▶ **TO DO**
Look through the entries below and return all lines including the word "impl".

::: SOURCE DATA :::

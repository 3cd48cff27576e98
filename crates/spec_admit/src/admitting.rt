//! `admit`: the specification as admitted, or its first fault.

ghost use Rattle.std.specs.Prelude.{◌≡◌, [], IfOk, IfErr, OnOk, MatchResult};
ghost use Rattle.term_core.specs.Tree.{Tree};
ghost use Rattle.term_core.specs.declared.ids.SortId.{SortId};
ghost use Rattle.spec_core.specs.RuleSizes.{RulesAreWithin};
ghost use Rattle.spec_core.specs.Sorts.{Sorted};
ghost use Rattle.spec_core.specs.WellSorted.{IsWellSorted};
ghost use Rattle.clause_core.specs.Admitted.{IsAdmitted};
ghost use Rattle.descent.specs.OneValue.{HasOneValue};
ghost use Rattle.spec_admit.specs.FirstFault.{Tells};

use crate::admitted::Admitted;
use crate::coverage::uncovered_function;
use crate::faults::{AdmitError, AdmitFault};
use crate::guards::incomplete_group;
use crate::linearity::repeated_variable;
use crate::ordering::unordered_rule;
use descent::values_rank_lower;
use overlap_check::{Overlap, overlap};
use spec_core::Spec;
use std::alloc::Global;
use term_core::Seq;
use term_order::TermOrder;

/// Admits a specification by this order, or gives it back unchanged with its first fault: of
/// linearity, order, overlap, guards and coverage in this order, and within one kind the first by
/// rule or function. On a refusal, want of memory too, the order is given up.
pub fn admit<O: TermOrder + Drop>(
    alloc: Global,
    spec: Spec,
    order: O,
) -> Result<Admitted<O>, AdmitError>
    requires sorted { IsWellSorted spec }
    requires small { RulesAreWithin 4294967295 spec }
    ensures same_spec { IfOk result (λ a. a.spec ≡ spec) }
    ensures same_order { IfOk result (λ a. a.order ≡ order) }
    ensures admitted { OnOk result (IsAdmitted (O.above order) spec) }
    ensures values { OnOk result ((t : Tree) (s : SortId) → Sorted spec.sig [] t s
        → HasOneValue (O.rank order) spec t s) }
    ensures returned { IfErr result (λ e. e.spec ≡ spec) }
    ensures refused { IfErr result (λ e. Tells (O.above order) spec e.fault) }
{
    values_rank_lower(&order);
    match check(alloc, &spec, &order) {
        Ok(()) => Ok(Admitted { spec, order }),
        Err(fault) => Err(AdmitError { spec, fault }),
    }
}

/// Looks for the first fault of the specification.
fn check<O: TermOrder>(alloc: Global, spec: &Spec, order: &O) -> Result<(), AdmitFault>
    requires sorted { IsWellSorted spec.now }
    requires small { RulesAreWithin 4294967295 spec.now }
    ensures { MatchResult result
        (λ _. IsAdmitted (O.above order.now) spec.now)
        (λ fault. Tells (O.above order.now) spec.now fault) }
{
    if let Some((rule, name)) = repeated_variable(alloc, spec)? {
        return Err(AdmitFault::Linear { rule, name });
    }
    if let Some((rule, part)) = unordered_rule(alloc, spec, order)? {
        return Err(AdmitFault::Order { rule, part });
    }
    if let Overlap::Both {
        first,
        second,
        values,
    } = overlap(alloc, spec)?
    {
        return Err(AdmitFault::Overlap {
            first,
            second,
            values,
        });
    }
    if let Some(rule) = incomplete_group(alloc, spec)? {
        return Err(AdmitFault::Guards { rule });
    }
    if let Some((fun, values)) = uncovered_function(alloc, spec)? {
        let values = Seq::from_vec(values.into_vec()?);
        return Err(AdmitFault::Coverage { fun, values });
    }
    Ok(())
}
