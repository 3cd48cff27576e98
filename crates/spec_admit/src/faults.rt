//! Why a specification isn't admitted.

ghost use Rattle.spec_admit.specs.declared.faults.AdmitFault.TheVariants.{
  OutOfMemory as out_of_memory,
};
ghost use Rattle.std.specs.Prelude.{◌≡◌};

use spec_core::Spec;
use std::fmt;
use term_core::{Name, OutOfMemory, Seq, SymId, Term};

/// Why a specification isn't admitted. Rules count from 1.
#[derive(Drop)]
pub enum AdmitFault {
    /// A variable that occurs twice on the left side of the rule: of the first such rule the
    /// variable of least number.
    Linear {
        rule: u32,
        name: Name,
    },
    /// The left side isn't above the right side, for part 0, or above the guard with this number or
    /// the Boolean that it wants.
    Order {
        rule: u32,
        part: u32,
    },
    /// Values that match the left sides of both rules, which are different: the arguments of the
    /// first under a most general unifier, with small values for the variables that are left.
    Overlap {
        first: u32,
        second: u32,
        values: Seq<Term>,
    },
    /// The guards of the rules with this rule's left side form no complete decision tree. The rule
    /// is the first of them.
    Guards {
        rule: u32,
    },
    /// Values of the function's argument sorts that match no left side: under the first
    /// constructors that leave some missing, and small ones where the left sides don't decide.
    Coverage {
        fun: SymId,
        values: Seq<Term>,
    },
    /// It may come in place of any other answer.
    OutOfMemory,
}

impl From<OutOfMemory> for AdmitFault {
    ghost from_gives = { λ _ e. e ≡ out_of_memory };

    fn from(_error: OutOfMemory) -> AdmitFault {
        AdmitFault::OutOfMemory
    }
}

impl fmt::Display for AdmitFault {
    fn fmt<W: fmt::Write>(&self, f: &mut fmt::Formatter<W>) -> fmt::Result {
        match self {
            AdmitFault::Linear { rule, name: _ } => write!(f, "linear: rule {rule}"),
            AdmitFault::Order { rule, part: 0 } => write!(f, "order: rule {rule}, right side"),
            AdmitFault::Order { rule, part } => write!(f, "order: rule {rule}, guard {part}"),
            AdmitFault::Overlap {
                first,
                second,
                values: _,
            } => write!(f, "overlap: rules {first} and {second}"),
            AdmitFault::Guards { rule } => write!(f, "guards: rule {rule}"),
            AdmitFault::Coverage { fun, values: _ } => write!(f, "coverage: symbol {}", fun.0),
            AdmitFault::OutOfMemory => f.write_str("out of memory"),
        }
    }
}

/// A specification that isn't admitted, as it was handed in, and its first fault.
#[derive(Drop)]
pub struct AdmitError {
    pub spec: Spec,
    pub fault: AdmitFault,
}

impl fmt::Display for AdmitError {
    fn fmt<W: fmt::Write>(&self, f: &mut fmt::Formatter<W>) -> fmt::Result {
        write!(f, "{}", self.fault)
    }
}
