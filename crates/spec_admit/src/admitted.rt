//! `Admitted`: a specification with the order that admits it.

use spec_core::Spec;
use std::marker::Model;
use term_order::TermOrder;

/// A specification that is admitted by its order. Contracts see the two as an `Admission`.
#[derive(Drop)]
pub struct Admitted<O: TermOrder> {
    pub spec: Spec,
    pub order: O,
}

impl<O: TermOrder> Model for Admitted<O> {
    ghost use Rattle.spec_core.specs.contracts.records.Spec as spec_contract;
    ghost use Rattle.spec_admit.specs.Admission.{Admission, admission_code};

    ghost Value = { Admission O };

    ghost coded = { admission_code spec_contract.the_row.coded O.code };

    ghost use Rattle.spec_core.specs.WellSorted.{IsWellSorted};
    ghost use Rattle.clause_core.specs.Admitted.{IsAdmitted};

    ghost view = { λ a. record { spec = a.spec; order = a.order } };

    ghost invariant = { λ a. IsWellSorted a.spec × IsAdmitted (O.above a.order) a.spec };
}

:::

▶ **ANSWER FOR THIS EXERCISE**
impl From<OutOfMemory> for AdmitFault {
impl fmt::Display for AdmitFault {
impl fmt::Display for AdmitError {
impl<O: TermOrder> Model for Admitted<O> {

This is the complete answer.